:: AIM OF THE TASK ::
Please read the records below and return each line holding the string "enumerator".

:: EXTRACTED RECORDS ::
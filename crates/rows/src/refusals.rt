// The numbers of the refusals, as document 01 and document 02 have them. 10 and 12 are no longer given.

// Lent tables too short.
pub const SHORT_TABLES: u8 = 1;
// Text too long.
pub const LONG_TEXT: u8 = 2;
// No token; string or `/*` unended.
pub const NO_TOKEN: u8 = 3;
// A token that the grammar does not admit, or the text ends early.
pub const NOT_ADMITTED: u8 = 4;
// The seventeenth open `{`.
pub const TOO_DEEP: u8 = 5;
// The version string is not 2.5.
pub const OTHER_VERSION: u8 = 6;
// Definition 513 or enumerator 1,025.
pub const MANY_DEFINED: u8 = 7;
// A kind, an attribute of a scope or an enumerator of a list, a second time.
pub const DEFINED_AGAIN: u8 = 8;
// One name under two values of an attribute with two types.
pub const OTHER_TYPE: u8 = 9;
// Object 257, part 513 or statement 2,049.
pub const MANY_APPLIED: u8 = 11;
// A name that is not defined in its scope.
pub const NOT_DEFINED: u8 = 13;
// A single attribute stated again.
pub const STATED_AGAIN: u8 = 14;
// A value that its attribute does not take; braces after a reference.
pub const WRONG_VALUE: u8 = 15;
// An attribute that must be stated is not.
pub const NOT_STATED: u8 = 16;
// Too few or too many objects of a kind.
pub const COUNT_OF_KIND: u8 = 17;
// A reference to no object of its kind.
pub const NO_OBJECT: u8 = 18;
// More than 2,048 resolved values.
pub const MANY_VALUES: u8 = 19;
// Written text longer than the lent output.
pub const SHORT_OUTPUT: u8 = 20;
// A bound or listed number outside its type, or a low above its high.
pub const WRONG_BOUND: u8 = 21;
// A default outside type, range or enumerator list.
pub const WRONG_DEFAULT: u8 = 22;
// AUTO as a default without WITH_AUTO.
pub const AUTO_DEFAULT: u8 = 23;
// A name already used by an object of another kind.
pub const OTHER_KIND: u8 = 24;
// A standard attribute is not defined.
pub const LACKS_STANDARD: u8 = 25;
// A standard attribute is defined otherwise.
pub const OTHER_STANDARD: u8 = 26;
// The text is included while it is still open.
pub const OPEN_TEXT: u8 = 27;
// The file is not there, cannot be opened, or would be the ninth text.
pub const NO_TEXT: u8 = 28;
// A `#` that is not that of an include line.
pub const NO_INCLUDE: u8 = 29;
// A text, or the expanded text, is too long, or texts are not lent as they have to be.
pub const LONG_TEXTS: u8 = 30;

:: OUTPUT OF THE TASK ::
// Definition 513 or enumerator 1,025.
// A kind, an attribute of a scope or an enumerator of a list, a second time.
// A default outside type, range or enumerator list.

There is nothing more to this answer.